Mergers & Acquisitions

Sales to Third Parties

After a buyer has been identified, Jim negotiates the terms and conditions of sale, document those terms and conditions with precise language to reduce the chances of ambiguity and post-closing disputes. The definitive transaction documents typically include a term sheet or letter of intent, acquisition agreement, disclosure schedules and ancillary documents (bill of sale, assignment and assumption agreement, board resolutions, owner resolutions, certificates, opinion letters etc.). Meaningful provisions to be negotiated and documented include purchase price calculation, earn-out provisions, working capital adjustment provisions, representations and warranties, indemnification provisions, indemnity caps, thresholds and limited survival periods. He reminds clients that it is not the total purchase price included in the transaction documents that matter but, instead, it is the net purchase price actually received by clients after taxes and any post-closing adjustments.

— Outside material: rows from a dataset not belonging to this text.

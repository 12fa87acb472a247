// Lower-case hexadecimal digits, both ways.
#![tactic(auto)]

ghost use Rattle.std.specs.Prelude.{◌<◌, ◌≡◌, true, ◌&&◌, fold};
ghost use Rattle.hexadecimal.specs.Digits.{digit_of, value_of, text_of, is_digit, number_of, all_digits};
ghost use Rattle.octets.specs.Buffer.{has_room};
ghost use Rattle.hexadecimal.specs.Buffer.{encoded_to, decoded_of, filled_of};

// The number that a character stands for, if it is a digit.
#[tactic(auto, using(std::proofs::lemmas::Bool::Decides::nat_tests), unfolding(crate::specs::Digits::value_of))]
pub fn value(c: u8) -> Option<u8>
    ensures { result ≡ value_of c }
{
    // Kept: no `match` on ranges, which goes by branches that no machine foresees.
    if b'0' <= c && c <= b'9' {
        Some(c - b'0')
    } else if b'a' <= c && c <= b'f' {
        Some(c - (b'a' - 10))
    } else {
        None
    }
}

// Writes the bytes as text into out from index `at` on, and answers true; or answers false and leaves out as it
// is where the text has no room there.
pub fn encode(bytes: &[u8], out: &mut [u8], at: usize) -> bool
    ensures value { result ≡ has_room out.old at (text_of bytes.now) }
    ensures out_after { out.new ≡ encoded_to bytes.now out.old at }
{
    if out.len() < at {
        return false;
    }
    if (out.len() - at) / 2 < bytes.len() {
        return false;
    }
    for (i, b) in bytes.iter().enumerate() {
        out[at + 2 * i] = glyph(b / 16);
        out[at + 2 * i + 1] = glyph(b % 16);
    }
    true
}

// Why a text gives no bytes.
#[derive(Clone, Copy, PartialEq, Eq)]
pub enum DecodeError {
    // An odd number of digits, or another character.
    NotHex,
    // More bytes than the buffer has room for.
    NoRoom,
}

// Puts the bytes that the text stands for at the start of out, and answers how many. An error leaves out as it is.
pub fn decode(text: &[u8], out: &mut [u8]) -> Result<usize, DecodeError>
    ensures value { result ≡ decoded_of text.now out.old }
    ensures out_after { out.new ≡ filled_of text.now out.old }
{
    // All tests come before the first store.
    let (pairs, rest) = text.as_chunks::<2>();
    if !rest.is_empty() {
        return Err(DecodeError::NotHex);
    }
    if !all_digits(text) {
        return Err(DecodeError::NotHex);
    }
    if out.len() < pairs.len() {
        return Err(DecodeError::NoRoom);
    }
    for (i, [high, low]) in pairs.iter().enumerate() {
        out[i] = number(*high) * 16 + number(*low);
    }
    Ok(pairs.len())
}

// Whether every character is a digit. No character ends the pass, so that many can be tested at once.
fn all_digits(text: &[u8]) -> bool
    ensures { result ≡ fold (λ all c. all && is_digit (value_of c)) true text.now }
{
    text.iter().fold(true, |all, c| all & is_digit(*c))
}

// Whether a character is a digit, with no branch.
fn is_digit(c: u8) -> bool
    ensures { result ≡ is_digit (value_of c) }
{
    let decimal = (b'0' <= c) & (c <= b'9');
    let letter = (b'a' <= c) & (c <= b'f');
    decimal | letter
}

// The number that a digit stands for.
fn number(c: u8) -> u8
    requires { is_digit (value_of c) ≡ true }
    ensures { (result ≡ number_of (value_of c)) × (result < 16) }
{
    if c <= b'9' { c - b'0' } else { c - (b'a' - 10) }
}

// The digit for a number below 16.
#[tactic(auto, using(std::proofs::lemmas::Bool::Decides::nat_tests))]
fn glyph(n: u8) -> u8
    requires { n < 16 }
    ensures { result ≡ digit_of n }
{
    if n < 10 { b'0' + n } else { b'a' - 10 + n }
}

Sales to Key Employees/Relatives

If a business owner decides to sell the business to one or several key employees or relatives, the transaction documents will be relatively the same as the transaction documents applicable in a third party sale; however, additional actions might be taken prior to the sale of the business. The owner can decide if they would like to gift or sell a small portion of the business’s equity to the key employee(s) or relative(s) as they are being groomed to take over the business. Jim outlines the sale to the key employee(s) or relative(s) from the initial decision to sell the business through the purchase of all of the owner’s equity of the business. Often the key employee or relative needs to obtain financing for the final purchase price. Jim assists in identifying and arranging the right bank and loan to complete the transaction.

Strategic Acquisitions

Jim helps clients strategize to make acquisitions to accelerate growth. Such services include assistance in connection with identifying targets, performing legal due diligence, negotiating purchase price and terms and conditions of sale, and closing the transactions.